Surprenante cette anecdote d’un grand auteur parlant de ses vents quoique, en matière de vent, Daudet devait être un champion puisqu’il a écrit les Lettres de mon Moulin.

Mona, çà vous a fait sourire. Vous m’en voyez flatté. Si vous sortiez deux verres que nous buvions un Irancy 2009 de Vincent Dauvissat. Dans une appellation peu connue de la Bourgogne Chablisienne, ce vigneron réalise des miracles : un très joli vin rouge au milieu d’un océan de blancs.

Vous avez fini de papauté !

Mona et le Pape à Châteauneuf du Pape

Le vignoble de Chateauneuf-du-Pape doit son expansion à l’installation des Souverains Pontifes en Comtat Venaissin à partir de 1305. Cinq cent soixante plus tard, Alphonse Daudet et son ami Paul Arène se retrouvent à Clamart et écrivent ce qui deviendra «Les lettres de mon moulin».
Dans son recueil de nouvelles et de contes, on peut lire l’histoire de «la mule du pape».  J’ai retenu le début de ce texte qui est un hommage au bien vivre de ces prélats.

Qui n’a pas vu Avignon du temps des Papes, n’a rien vu… Ah ! l’heureux temps ! l’heureuse ville ! Des hallebardes qui ne coupaient pas ; des prisons d’État où l’on mettait le vin à rafraîchir. Jamais de disette ; jamais de guerre… Voilà comment les Papes du Comtat savaient gouverner leur peuple ; voilà pourquoi leur peuple les a tant regrettés !…

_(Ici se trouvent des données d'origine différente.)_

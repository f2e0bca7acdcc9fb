//! Helper functions of `take` and `pattern`.
#![tactic(auto, using(streams::specs::Ends::ends_follow))]

ghost use Rattle.parser_definitions.specs.BitTake.{BitTakeDoes};
ghost use Rattle.parser_definitions.specs.Does.{Ran};
ghost use Rattle.std.specs.Prelude.{◌≡◌, ◌<◌, ◌≤◌, ◌+◌, length, true};
ghost use Rattle.stream_bits.specs.BitReading.{bits_reading};
ghost use Rattle.stream_bits.specs.Within.{ReadsNumber};
ghost use Rattle.stream_errors.specs.Form.{answer_by};

use crate::bits::output::BitOutput;
use stream_bits::bits::Bits;
use stream_errors::parser_error::ParserError;
use streams::byte_stream::ByteStream;
use streams::needed::Needed;
use streams::stream::{Stream, StreamIsPartial};
use winnow_core::short::short;

/// Takes the next `count` bits, which are in one byte, as a number.
#[inline(always)]
fn take_within_byte<I: ByteStream, O: BitOutput>(input: &mut Bits<I>, count: usize) -> O
    requires possible { (⟦<Bits<I> as Stream>⟧.view input.old).left.possible ≡ true }
    requires there { count ≤ length (⟦<Bits<I> as Stream>⟧.view input.old).left.tokens }
    requires fits { count ≤ O.WIDTH }
    requires some { 0 < count }
    requires within { input.old.1 + count ≤ 8 }
    ensures { ReadsNumber (bits_reading I.reading) count (⟦<Bits<I> as Stream>⟧.view input.old)
        (O.number result) (⟦<Bits<I> as Stream>⟧.view input.new) }
{
    let number = O::default();
    match input.next_of_byte(count) {
        Some(bits) => number.push_bits(bits, count),
        None => number,
    }
}

/// Takes the next `count` bits, which start in one byte and end in the next, as a number.
#[inline(always)]
fn take_of_two_bytes<I: ByteStream, O: BitOutput>(input: &mut Bits<I>, count: usize) -> O
    requires possible { (⟦<Bits<I> as Stream>⟧.view input.old).left.possible ≡ true }
    requires there { count ≤ length (⟦<Bits<I> as Stream>⟧.view input.old).left.tokens }
    requires fits { count ≤ O.WIDTH }
    requires across { 8 < input.old.1 + count }
    requires within { input.old.1 + count ≤ 16 }
    ensures { ReadsNumber (bits_reading I.reading) count (⟦<Bits<I> as Stream>⟧.view input.old)
        (O.number result) (⟦<Bits<I> as Stream>⟧.view input.new) }
{
    let here = 8 - input.1;
    let missing = count - here;
    let number: O = take_within_byte(input, here);
    match input.next_of_byte(missing) {
        Some(bits) => number.push_bits(bits, missing),
        None => number,
    }
}

/// Takes the next `count` bits, which start in one byte and end in a later one, as a number: the
/// rest of the first byte, whole bytes, and the bits of the last byte. Every iteration of the loop
/// takes the same number of bits, so that the compiler folds constant counts and unrolls the loop.
#[inline(always)]
fn take_across_bytes<I: ByteStream, O: BitOutput>(input: &mut Bits<I>, count: usize) -> O
    requires possible { (⟦<Bits<I> as Stream>⟧.view input.old).left.possible ≡ true }
    requires there { count ≤ length (⟦<Bits<I> as Stream>⟧.view input.old).left.tokens }
    requires fits { count ≤ O.WIDTH }
    requires across { 8 < input.old.1 + count }
    ensures { ReadsNumber (bits_reading I.reading) count (⟦<Bits<I> as Stream>⟧.view input.old)
        (O.number result) (⟦<Bits<I> as Stream>⟧.view input.new) }
{
    let here = 8 - input.1;
    let mut number: O = take_within_byte(input, here);
    let mut missing = count - here;
    while 8 <= missing {
        match input.next_of_byte(8) {
            Some(bits) => {
                number = number.push_bits(bits, 8);
                missing -= 8;
            }
            None => {
                return number;
            }
        }
    }
    if missing == 0 {
        return number;
    }
    match input.next_of_byte(missing) {
        Some(bits) => number.push_bits(bits, missing),
        None => number,
    }
}

/// Takes the next `count` bits as a number. Bits of one or two bytes need no loop, so that the
/// compiler folds constant counts.
#[inline(always)]
fn take_number<I: ByteStream, O: BitOutput>(input: &mut Bits<I>, count: usize) -> O
    requires possible { (⟦<Bits<I> as Stream>⟧.view input.old).left.possible ≡ true }
    requires there { count ≤ length (⟦<Bits<I> as Stream>⟧.view input.old).left.tokens }
    requires fits { count ≤ O.WIDTH }
    requires some { 0 < count }
    ensures { ReadsNumber (bits_reading I.reading) count (⟦<Bits<I> as Stream>⟧.view input.old)
        (O.number result) (⟦<Bits<I> as Stream>⟧.view input.new) }
{
    let here = 8 - input.1;
    if count <= here {
        take_within_byte(input, count)
    } else if count <= here + 8 {
        take_of_two_bytes(input, count)
    } else {
        take_across_bytes(input, count)
    }
}

/// Takes `count` bits, as a number.
#[inline(always)]
pub(crate) fn take_counted<I: ByteStream + StreamIsPartial, O: BitOutput, E: ParserError<Bits<I>>>(
    input: &mut Bits<I>,
    count: usize,
) -> Result<O, E>
    ensures { Ran (bits_reading I.reading) (BitTakeDoes O.number O.WIDTH (bits_reading I.reading))
        E.form count (⟦<Bits<I> as Stream>⟧.view input.old) (answer_by E.kind result) count
        (⟦<Bits<I> as Stream>⟧.view input.new) }
{
    if count == 0 {
        return Ok(O::default());
    }
    if O::WIDTH < count {
        return Err(E::assert(input, "the output holds fewer bits"));
    }
    if input.has(count) {
        return Ok(take_number(input, count));
    }
    if !input.is_possible() {
        return Err(E::assert(input, "bits that cannot be read"));
    }
    Err(short(input, Needed::new(count)))
}
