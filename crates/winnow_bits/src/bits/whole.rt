//! Helper functions of `bits` and `bytes`.
#![tactic(auto, using(streams::specs::Ends::ends_follow))]

ghost use Rattle.std.specs.Prelude.{◌≡◌, true};
ghost use Rattle.stream_bits.specs.BitReading.{bits_reading};
ghost use Rattle.streams.specs.Needed.{need_of};
ghost use Rattle.winnow_bits.specs.BytesOfBits.{WholeBytesOf};
ghost use Rattle.parser_definitions.specs.BitsOfBytes.{need_in_bytes};
ghost use Rattle.parser_definitions.specs.BytesOfBits.{need_in_bits};
ghost use Rattle.winnow_bits.specs.Needs.{with_need};

use stream_bits::bits::Bits;
use stream_errors::convert::ErrorConvert;
use stream_errors::parser_error::ParserError;
use streams::byte_stream::ByteStream;
use streams::needed::Needed;
use streams::stream::Stream;

/// Returns the remaining whole bytes.
#[inline(always)]
pub(crate) fn whole_bytes<I: ByteStream>(bits: Bits<I>) -> I
    requires { (⟦<Bits<I> as Stream>⟧.view bits).left.possible ≡ true }
    ensures { WholeBytesOf (bits_reading I.reading) (⟦<Bits<I> as Stream>⟧.view bits)
        (I.view result) }
{
    let Bits(mut bytes, offset) = bits;
    if offset != 0 {
        let _begun = bytes.next_slice(1);
        bytes.shows_bytes();
        return bytes;
    }
    bytes.shows_bytes();
    bytes
}

/// Converts a need of bits to one of bytes.
#[inline]
fn needed_in_bytes(needed: Needed) -> Needed
    ensures { need_of result ≡ need_in_bytes (need_of needed) }
{
    match needed {
        Needed::Unknown => Needed::Unknown,
        Needed::Size(bits) => Needed::new(bits.get() / 8 + 1),
    }
}

/// Converts a need of bytes to one of bits.
#[inline]
fn needed_in_bits(needed: Needed) -> Needed
    ensures { need_of result ≡ need_in_bits (need_of needed) }
{
    match needed {
        Needed::Unknown => Needed::Unknown,
        Needed::Size(bytes) => match bytes.get().checked_mul(8) {
            Some(bits) => Needed::new(bits),
            None => Needed::Unknown,
        },
    }
}

/// Converts an error of a parser of bits to one of bytes.
#[inline]
pub(crate) fn in_bytes<I: ByteStream, E: ParserError<Bits<I>> + ErrorConvert<F>, F: ParserError<I>>(
    input: &I,
    error: E,
) -> F
    ensures { F.kind result ≡ with_need need_in_bytes (E.kind error) }
{
    match error.needed() {
        Some(needed) => F::incomplete(input, needed_in_bytes(needed)),
        None => error.convert(),
    }
}

/// Converts an error of a parser of bytes to one of bits.
#[inline]
pub(crate) fn in_bits<I: ByteStream, E: ParserError<I> + ErrorConvert<F>, F: ParserError<Bits<I>>>(
    input: &Bits<I>,
    error: E,
) -> F
    ensures { F.kind result ≡ with_need need_in_bits (E.kind error) }
{
    match error.needed() {
        Some(needed) => F::incomplete(input, needed_in_bits(needed)),
        None => error.convert(),
    }
}
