//! The head of an HTTP/1.1 response (RFC 9112, section 2.1): a status line, consecutive field
//! lines, and an empty line.
#![tactic(auto)]

ghost use Rattle.std.specs.Prelude.{◌≡◌, IfErr, map};
ghost use Rattle.streams.specs.Bytes.{bytes_input, bytes_reading};
ghost use Rattle.format_http.specs.Bodies.Framing.{IsBodyLength};
ghost use Rattle.format_http.specs.Heads.Head.{pair};
ghost use Rattle.format_http.specs.Responses.Head.{ResponseStands, response_to};
ghost use Rattle.winnow_core.specs.Exact.{Reads};

use crate::bodies::framing::{BodyLength, FramingError, Message, body_length};
use crate::heads::field_line::Field;
use crate::heads::head::read_fields;
use crate::responses::status_line::{StatusLine, read_status_line};
use std::alloc::Allocator;
use stream_errors::empty::EmptyError;
use stream_errors::has_kind::HasKind;
use stream_errors::mode::ErrMode;

/// The head of a response: its status line, and its fields in order. `A` is the allocator of their
/// list.
///
/// ```
/// use format_http::responses::head::read_response_head;
///
/// let text = b"HTTP/1.1 200 OK\r\nContent-Length: 5\r\n\r\nhello";
/// let head = read_response_head(alloc, &mut text.as_slice());
/// assert!(rt; matches!(head, Ok(head) if head.fields[0].value == b"5".as_slice()));
/// ```
#[derive(Debug, Drop)]
pub struct ResponseHead<'i, A: Allocator> {
    /// The status line.
    pub line: StatusLine<'i>,
    /// The fields in order, also those with the same name.
    pub fields: Vec<Field<'i>, A>,
}

/// A status line and the fields after it.
fn read_parts<'i, A: Allocator + Copy>(
    alloc: A,
    input: &mut &'i [u8],
) -> Result<ResponseHead<'i, A>, ErrMode<EmptyError>>
    ensures { Reads bytes_reading ⟦<ErrMode<EmptyError> as HasKind>⟧.kind ResponseStands
        (bytes_input input.old.now) result (bytes_input input.new.now) }
{
    match read_status_line(input) {
        Ok(line) => match read_fields(alloc, input) {
            Ok(fields) => Ok(ResponseHead { line, fields }),
            Err(error) => Err(error),
        },
        Err(error) => Err(error),
    }
}

/// Parses the head of a response at the start of the input.
///
/// After an error the input is unchanged. The error is out of memory, or the input does not start
/// with a head.
///
/// ```
/// use format_http::responses::head::read_response_head;
///
/// let mut input = b"HTTP/1.1 204 No Content\r\nServer: a\r\n\r\nrest".as_slice();
/// let head = read_response_head(alloc, &mut input);
/// assert!(rt; matches!(head, Ok(head) if head.line.status == 204 && head.fields.len() == 1));
/// assert_eq!(rt; input, b"rest".as_slice());
/// assert!(rt; read_response_head(alloc, &mut b"HTTP/1.1 200 OK\r\n".as_slice()).is_err());
/// ```
pub fn read_response_head<'i, A: Allocator + Copy>(
    alloc: A,
    input: &mut &'i [u8],
) -> Result<ResponseHead<'i, A>, ErrMode<EmptyError>>
    ensures head { Reads bytes_reading ⟦<ErrMode<EmptyError> as HasKind>⟧.kind ResponseStands
        (bytes_input input.old.now) result (bytes_input input.new.now) }
    ensures stays { IfErr result (λ _. input.new ≡ input.old) }
{
    let start = *input;
    match read_parts(alloc, input) {
        Ok(head) => Ok(head),
        Err(error) => {
            *input = start;
            Err(error)
        }
    }
}

/// Returns the length of the body after the head of a response to a request of this method, or the
/// reason to reject the response, as [`body_length`].
///
/// ```
/// use format_http::bodies::framing::BodyLength;
/// use format_http::responses::head::{read_response_head, response_body_length};
///
/// let text = b"HTTP/1.1 200 OK\r\nContent-Length: 51\r\n\r\n";
/// let head = read_response_head(alloc, &mut text.as_slice());
/// assert!(rt; matches!(head, Ok(head)
///     if response_body_length(b"GET".as_slice(), &head) == Ok(BodyLength::Length(51))));
/// ```
pub fn response_body_length<A: Allocator>(
    method: &[u8],
    head: &ResponseHead<'_, A>,
) -> Result<BodyLength, FramingError>
    ensures { IsBodyLength (response_to method.now head.now.line.status) head.now.line.major
        head.now.line.minor (map pair head.now.fields.items) result }
{
    let status = head.line.status;
    let message = Message::Response { method, status };
    let fields = head.fields.as_slice();
    body_length(message, head.line.major, head.line.minor, fields)
}
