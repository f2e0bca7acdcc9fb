//! Comparisons of literals with the start of a stream, and searches of a stream for them.
#![tactic(auto)]

pub mod caseless;
pub mod compare;
pub mod find;
pub mod slice_len;
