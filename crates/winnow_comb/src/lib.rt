//! Combinators for choices, options and sequences.
//!
//! Each one is proved to do what its definition in `parser_definitions` says, which is made of the
//! definitions of its children.
#![tactic(auto)]

pub mod combinator;
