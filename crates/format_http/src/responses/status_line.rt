//! The status line of HTTP/1.1 (RFC 9112, section 4): a version, a status code of three digits and
//! a reason, separated by one space, and a line ending (a carriage return and a line feed). The
//! standard requires the space even without a reason; here it may be missing.
//!
//! The version is two digits; the caller must check whether it is supported. The first digit of the
//! status code, which is its class, may be any.
#![tactic(auto)]

ghost use Rattle.streams.specs.Bytes.{bytes_input, bytes_reading};
ghost use Rattle.format_http.specs.Responses.StatusLine.{StatusLineStands};
ghost use Rattle.format_http.specs.Responses.Parts.{CodeStands, ProtocolCode, ProtocolStands};
ghost use Rattle.format_http.specs.Responses.Parts.{ReasonStands};
ghost use Rattle.winnow_core.specs.Exact.{IsSpared, Reads};

use crate::heads::request_line::{Digit, read_digit};
use crate::heads::sets::ValueBytes;
use stream_errors::empty::EmptyError;
use stream_errors::has_kind::HasKind;
use stream_errors::mode::ErrMode;
use winnow_comb::combinator::{delimited, opt, preceded, separated_pair, terminated};
use winnow_core::parser::Parser;
use winnow_grammar::rule::Rule;
use winnow_token::token::take_while;

/// A status line: what it says.
///
/// ```
/// use format_http::responses::status_line::StatusLine;
///
/// let line = StatusLine { major: 1, minor: 1, status: 200, reason: b"OK" };
/// assert!(rt; line.status == 200 && line.reason.len() == 2);
/// ```
#[derive(Clone, Copy, Debug, PartialEq, Drop)]
pub struct StatusLine<'i> {
    /// The number before the point of the version, below 10.
    pub major: u8,
    /// The number after the point of the version, below 10.
    pub minor: u8,
    /// The status code, below 1000.
    pub status: u16,
    /// The reason after the space, unchanged. It may be empty; a client ignores it.
    pub reason: &'i [u8],
}

/// The version, and the space after it: the numbers of the version.
fn read_protocol<'i>(input: &mut &'i [u8]) -> Result<(u8, u8), ErrMode<EmptyError>>
    ensures reads { Reads bytes_reading ⟦<ErrMode<EmptyError> as HasKind>⟧.kind ProtocolStands
        (bytes_input input.old.now) result (bytes_input input.new.now) }
    ensures spared { IsSpared ⟦<ErrMode<EmptyError> as HasKind>⟧.kind
        (bytes_input input.old.now) result }
{
    let protocol = b"HTTP/".as_slice();
    let major = Digit.by(read_digit);
    let minor = Digit.by(read_digit);
    let numbers = separated_pair(major, b'.', minor);
    delimited(protocol, numbers, b' ').read(input)
}

/// A status code.
fn read_code<'i>(input: &mut &'i [u8]) -> Result<u16, ErrMode<EmptyError>>
    ensures reads { Reads bytes_reading ⟦<ErrMode<EmptyError> as HasKind>⟧.kind CodeStands
        (bytes_input input.old.now) result (bytes_input input.new.now) }
    ensures spared { IsSpared ⟦<ErrMode<EmptyError> as HasKind>⟧.kind
        (bytes_input input.old.now) result }
{
    let hundreds = Digit.by(read_digit);
    let tens = Digit.by(read_digit);
    let ones = Digit.by(read_digit);
    match (hundreds, tens, ones).read(input) {
        Ok((hundreds, tens, ones)) => {
            Ok(u16::from(hundreds) * 100 + u16::from(tens) * 10 + u16::from(ones))
        }
        Err(error) => Err(error),
    }
}

/// Parses a space and a reason, or nothing, and the line ending.
fn read_reason<'i>(input: &mut &'i [u8]) -> Result<&'i [u8], ErrMode<EmptyError>>
    ensures reads { Reads bytes_reading ⟦<ErrMode<EmptyError> as HasKind>⟧.kind ReasonStands
        (bytes_input input.old.now) result (bytes_input input.new.now) }
    ensures spared { IsSpared ⟦<ErrMode<EmptyError> as HasKind>⟧.kind
        (bytes_input input.old.now) result }
{
    let text = take_while(0.., ValueBytes);
    let end = b"\r\n".as_slice();
    match terminated(opt(preceded(b' ', text)), end).read(input) {
        Ok(Some(reason)) => Ok(reason),
        Ok(None) => Ok(b"".as_slice()),
        Err(error) => Err(error),
    }
}

/// The version and the status code.
fn read_protocol_and_code<'i>(input: &mut &'i [u8]) -> Result<((u8, u8), u16), ErrMode<EmptyError>>
    ensures reads { Reads bytes_reading ⟦<ErrMode<EmptyError> as HasKind>⟧.kind ProtocolCode
        (bytes_input input.old.now) result (bytes_input input.new.now) }
    ensures spared { IsSpared ⟦<ErrMode<EmptyError> as HasKind>⟧.kind
        (bytes_input input.old.now) result }
{
    match read_protocol(input) {
        Ok(version) => match read_code(input) {
            Ok(status) => Ok((version, status)),
            Err(error) => Err(error),
        },
        Err(error) => Err(error),
    }
}

/// Parses the status line at the start of the input.
///
/// Backtracks if there is none; some bytes may have been consumed. It does not allocate.
///
/// ```
/// use format_http::responses::status_line::read_status_line;
///
/// let mut input = b"HTTP/1.1 404 Not Found\r\nServer: a\r\n\r\n".as_slice();
/// let line = read_status_line(&mut input);
/// assert!(rt; matches!(line, Ok(line) if line.status == 404));
/// assert!(rt; matches!(line, Ok(line) if line.reason == b"Not Found".as_slice()));
/// assert_eq!(rt; input, b"Server: a\r\n\r\n".as_slice());
/// let bare = read_status_line(&mut b"HTTP/1.1 200\r\n".as_slice());
/// assert!(rt; matches!(bare, Ok(line) if line.reason.is_empty()));
/// assert!(rt; read_status_line(&mut b"HTTP/1.1 20 OK\r\n".as_slice()).is_err());
/// ```
pub fn read_status_line<'i>(input: &mut &'i [u8]) -> Result<StatusLine<'i>, ErrMode<EmptyError>>
    ensures reads { Reads bytes_reading ⟦<ErrMode<EmptyError> as HasKind>⟧.kind StatusLineStands
        (bytes_input input.old.now) result (bytes_input input.new.now) }
    ensures spared { IsSpared ⟦<ErrMode<EmptyError> as HasKind>⟧.kind
        (bytes_input input.old.now) result }
{
    match read_protocol_and_code(input) {
        Ok(((major, minor), status)) => match read_reason(input) {
            Ok(reason) => Ok(StatusLine {
                major,
                minor,
                status,
                reason,
            }),
            Err(error) => Err(error),
        },
        Err(error) => Err(error),
    }
}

Il y en a un surtout, un bon vieux, qu’on appelait Boniface… Oh ! celui-là, que de larmes on a versées en Avignon quand il est mort ! C’était un prince si aimable, si avenant… Un vrai pape d’Yvetot, mais d’un Yvetot de Provence, avec quelque chose de fin dans le rire, un brin de marjolaine à sa barrette, et pas la moindre Jeanneton[1]… La seule Jeanneton qu’on lui ait jamais connue, à ce bon père, c’était sa vigne, — une petite vigne qu’il avait plantée lui-même, à trois lieues d’Avignon, dans les myrtes de Châteauneuf.

Tous les dimanches, en sortant de vêpres, le digne homme allait lui faire sa cour ; et quand il était là-haut, assis au bon soleil, sa mule près de lui, ses cardinaux tout autour étendus aux pieds des souches, alors il faisait déboucher un flacon de vin du cru, — ce beau vin, couleur de rubis qui s’est appelé depuis le Châteauneuf des Papes, — et il le dégustait par petits coups, en regardant sa vigne d’un air attendri. Puis, le flacon vidé, le jour tombant, il rentrait joyeusement à la ville, suivi de tout son chapitre ; et, lorsqu’il passait sur le pont d’Avignon, au milieu des tambours et des farandoles, sa mule, mise en train par la musique, prenait un petit amble sautillant, tandis que lui-même il marquait le pas de la danse avec sa barrette, ce qui scandalisait fort ses cardinaux, mais faisait dire à tout le peuple : «Ah ! le bon prince ! Ah ! le brave pape !»

Ma chère Mona, difficile de ne pas boire religieusement un vin du Domaine du Vieux Télégraphe 1998.  Assagi par le temps, il appelle une belle pièce de boeuf.  Par contre, je me demande pourquoi Daudet a appelé son pape Boniface alors qu’aucun pontife n’a eu ce nom à Avignon.